The premise is that nearly everyone just starts attacking each other in the streets for no apparent reason, with only a few people unaffected, such as the protagonist and his girlfriend. In other words, it’s basically a zombie apocalypse scenario, except that they didn’t even splurge on zombie makeup. Now, to spoil the plot — and here things get really stupid — it ultimately turns out that the common factor linking the survivors is that they’re all gamers. The QTEs you’ve been performing throughout the game are part of an experimental system that’s supposed to render people capable of performing complex tasks “with the ease of pressing a button”. But only people who play videogames are capable of thinking like that. Anyone else goes mad trying.
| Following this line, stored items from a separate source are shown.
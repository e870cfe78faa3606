//! A volume whose leaks are given back: a snapshot of it is checked, each repair of the check is carried out, and the
//! volume is written; then a check of its device finds nothing.
#![tactic(auto)]

ghost use Rattle.std.specs.Prelude.{◌≡◌, [], IfErr, IfOk, IsErrOf, IsOkUnless, IsSome, OnOk, Some};
ghost use Rattle.std.specs.Arc.{arc_value};
ghost use Rattle.findings.specs.Findings.{AreFindings};
ghost use Rattle.frozen.specs.Kept.{IsKeptOf};
ghost use Rattle.frozen.specs.Loading.{GivesOut};
ghost use Rattle.fsck.specs.Checked.{IsChecked};
ghost use Rattle.live_states.specs.Holdings.{IsIdle};
ghost use Rattle.machine.specs.Standing.{latest_at};
ghost use Rattle.model.specs.Image.{IsImage};
ghost use Rattle.snapshot.specs.Mounting.{IsMountable};
ghost use Rattle.snapshot.specs.Alive.{disk_of};
ghost use Rattle.softdep.specs.Queued.{pending_of};
ghost use Rattle.mending.specs.Repairs.{HasPlan, IsSnapshotChecked, MayMend, MendsFrozen, Repaired};
ghost use Rattle.mending.specs.Went.{FailedOnTheWay, Went};

mod laws;

use device::Device;
use fsck::Checked;
pub use laws::mended_images_are_clean;
use layout::Refusal;
use snapshot::{Command, Volume};
use std::alloc::Global;
use std::sync::Arc;
use std::thread::Threads;
use workers::{Gate, Workers};

/// Mends a volume that was just mounted, with several workers, which pass the gate as in `fsck::check`: its image is frozen
/// and checked, each repair of the check is carried out in order, the snapshot is released, and all is written. Gives the
/// check. Refused with `NoMemory` and with `Device`; what was written before stays written, and may be mounted and mended
/// again.
pub fn mend<D: Device, G: Gate>(
    rt: &(impl Threads + Sync),
    alloc: Global,
    volume: &mut Volume<D>,
    workers: Workers,
    gate: &G,
) -> Result<Arc<Checked>, Refusal>
    requires pending { pending_of volume.old.queue ≡ [] }
    requires idle { IsIdle volume.old.holdings }
    requires mounted { D.honest volume.old.device → IsMountable volume.old.kept.geometry (D.image volume.old.device) }
    // Where the device was honest, a check finds nothing on the image that it now holds.
    ensures clean { IfOk result (λ checked. D.honest volume.new.device
        → AreFindings volume.new.kept.geometry (disk_of (D.image volume.new.device) volume.new) []) }
    // What the device then holds is an image of the volume, which can be loaded.
    ensures framed { IfOk result (λ checked. D.honest volume.new.device → IsImage volume.new.kept.geometry (D.image volume.new.device)) }
    // The check is that of the image that was mounted.
    ensures checked { IfOk result (λ checked. D.honest volume.new.device
        → IsChecked volume.old.kept.geometry (disk_of (D.image volume.old.device) volume.old) (arc_value checked)) }
    ensures geometry { IfOk result (λ checked. D.honest volume.new.device → volume.new.kept.geometry ≡ volume.old.kept.geometry) }
    // Whatever came of it, commands that mend led from the volume as it was to the volume as it is, and nothing else was done.
    ensures went { D.honest volume.new.device → Went D.held D.image volume.old volume.new }
    ensures error { IfErr result (λ r. D.honest volume.new.device → GivesOut r) }
    // The device is blamed only where it failed, in the last of these commands.
    ensures cause { IsErrOf result Refusal.Device → FailedOnTheWay D.honest D.held D.image D.failures volume.old volume.new }
    ensures honest { D.honest volume.new.device → D.honest volume.old.device }
{
    snapshot::calls_join::<D>();
    mended_images_are_clean::<D>();
    fsck::damaged_where_a_rule_is_broken();
    volume.live(); // for the proof: its clause `balance`
    let (number, _) = volume.freeze(alloc)?;
    let checked = Arc::new(alloc, check_snapshot(rt, alloc, volume, workers, gate)?)?;
    mend_frozen(alloc, volume, number, &checked)?;
    Ok(checked)
}

/// Mends a volume that was just mounted as `mend` does, by a check of its image that was made before: that is not checked
/// again, and the snapshot that is mended is that image, of which nothing is copied and nothing compared. Refused as `mend`.
pub fn mend_checked<D: Device>(
    alloc: Global,
    volume: &mut Volume<D>,
    checked: &Checked,
) -> Result<(), Refusal>
    requires pending { pending_of volume.old.queue ≡ [] }
    requires idle { IsIdle volume.old.holdings }
    requires mounted { D.honest volume.old.device → IsMountable volume.old.kept.geometry (D.image volume.old.device) }
    // The check is of the very metadata that the volume was mounted with.
    requires kept { volume.old.kept ≡ checked.now.frozen }
    requires loaded { D.honest volume.old.device → IsKeptOf checked.now.frozen (D.image volume.old.device) }
    // Where the device was honest, a check finds nothing on the image that it now holds.
    ensures clean { OnOk result (D.honest volume.new.device
        → AreFindings volume.new.kept.geometry (disk_of (D.image volume.new.device) volume.new) []) }
    // What the device then holds is an image of the volume, which can be loaded.
    ensures framed { OnOk result (D.honest volume.new.device → IsImage volume.new.kept.geometry (D.image volume.new.device)) }
    ensures geometry { OnOk result (D.honest volume.new.device → volume.new.kept.geometry ≡ volume.old.kept.geometry) }
    // Whatever came of it, commands that mend led from the volume as it was to the volume as it is, and nothing else was done.
    ensures went { D.honest volume.new.device → Went D.held D.image volume.old volume.new }
    ensures error { IfErr result (λ r. D.honest volume.new.device → GivesOut r) }
    // The device is blamed only where it failed, in the last of these commands.
    ensures cause { IsErrOf result Refusal.Device → FailedOnTheWay D.honest D.held D.image D.failures volume.old volume.new }
    ensures honest { D.honest volume.new.device → D.honest volume.old.device }
{
    snapshot::calls_join::<D>();
    mended_images_are_clean::<D>();
    fsck::damaged_where_a_rule_is_broken();
    snapshot::tells_its_image(checked);
    volume.live().keeps_metadata(); // for the proof
    let snapshot = checked.frozen().clone()?;
    let number = volume.freeze_as(snapshot)?;
    mend_frozen(alloc, volume, number, checked)?;
    Ok(())
}

/// Checks the snapshot of the latest freeze.
fn check_snapshot<D: Device, G: Gate>(
    rt: &(impl Threads + Sync),
    alloc: Global,
    volume: &Volume<D>,
    workers: Workers,
    gate: &G,
) -> Result<Checked, Refusal>
    ensures checked { IfOk result (IsSnapshotChecked volume.now) }
    ensures error { IsSome (latest_at volume.now.holdings.snapshots.standing volume.now.holdings.snapshots.freezes) → IsOkUnless result Refusal.NoMemory }
    ensures device { IsErrOf result Refusal.Device → ⊥ }
{
    let Some(snapshot) = volume.live().latest() else {
        return Err(Refusal::NoSnapshot);
    };
    fsck::check(rt, alloc, snapshot, workers, gate)
}

/// Mends a volume by a check of the snapshot of this number, which is that of the latest freeze and stands: carries out each
/// of its repairs, releases the snapshot, and writes all.
fn mend_frozen<D: Device>(
    alloc: Global,
    volume: &mut Volume<D>,
    number: u64,
    checked: &Checked,
) -> Result<(), Refusal>
    requires { latest_at volume.old.holdings.snapshots.standing volume.old.holdings.snapshots.freezes ≡ Some checked.now.frozen }
    ensures mends { OnOk result (D.honest volume.new.device → MendsFrozen D.held D.image volume.old number checked.now volume.new) }
    ensures went { D.honest volume.new.device → Went D.held D.image volume.old volume.new }
    ensures error { IfErr result (λ r. D.honest volume.new.device → MayMend D.image volume.old number checked.now → GivesOut r) }
    ensures cause { IsErrOf result Refusal.Device → FailedOnTheWay D.honest D.held D.image D.failures volume.old volume.new }
    ensures honest { D.honest volume.new.device → D.honest volume.old.device }
{
    snapshot::calls_join::<D>();
    findings::findings_are_unique();
    volume.install_own(alloc, checked)?;
    repair_all(alloc, volume, checked.repairs().len())?;
    volume.release(alloc, number)?;
    volume.apply(alloc, &Command::Sync)?;
    Ok(())
}

/// Carries out so many repairs of the check that is installed, from the first one on.
fn repair_all<D: Device>(alloc: Global, volume: &mut Volume<D>, count: usize) -> Result<(), Refusal>
    ensures repaired { OnOk result (D.honest volume.new.device → Repaired D.held D.image volume.old count volume.new) }
    ensures went { D.honest volume.new.device → Went D.held D.image volume.old volume.new }
    ensures error { IfErr result (λ r. D.honest volume.new.device → HasPlan D.image volume.old count → GivesOut r) }
    ensures never { IsErrOf result Refusal.Device → ⊥ }
    ensures device { volume.new.device ≡ volume.old.device }
{
    snapshot::calls_join::<D>();
    let Ok(count) = u32::try_from(count) else {
        // No list has more places; one that had would be refused as one that finds no memory.
        return Err(Refusal::NoMemory);
    };
    for place in 0..count {
        volume.repair(alloc, place)?;
    }
    Ok(())
}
This leads to a cringeworthy but weirdly self-defeating moment. When this revelation comes along, the player character turns to his girlfriend and says, with surprise in his voice, “You’re a gamer?”, and in reply, she shrugs and says “Angry Birds”. Now, my first reaction to this was that the game was displaying the unfortunate sexist attitudes that infest geekdom: that it’s surprising when a woman likes games, and also that women only play casual games, which don’t really count. But when you think about it, the fact that she’s immune to the insanity shows that she really is a gamer, in an objectively confirmable sense. Casual games do count in this world. They may even count more. The girlfriend character uses her personal QTEs to do things like hack through electronic locks, while the player gets things like a button-mash to climb over a fence that has a perfectly serviceable gate in it.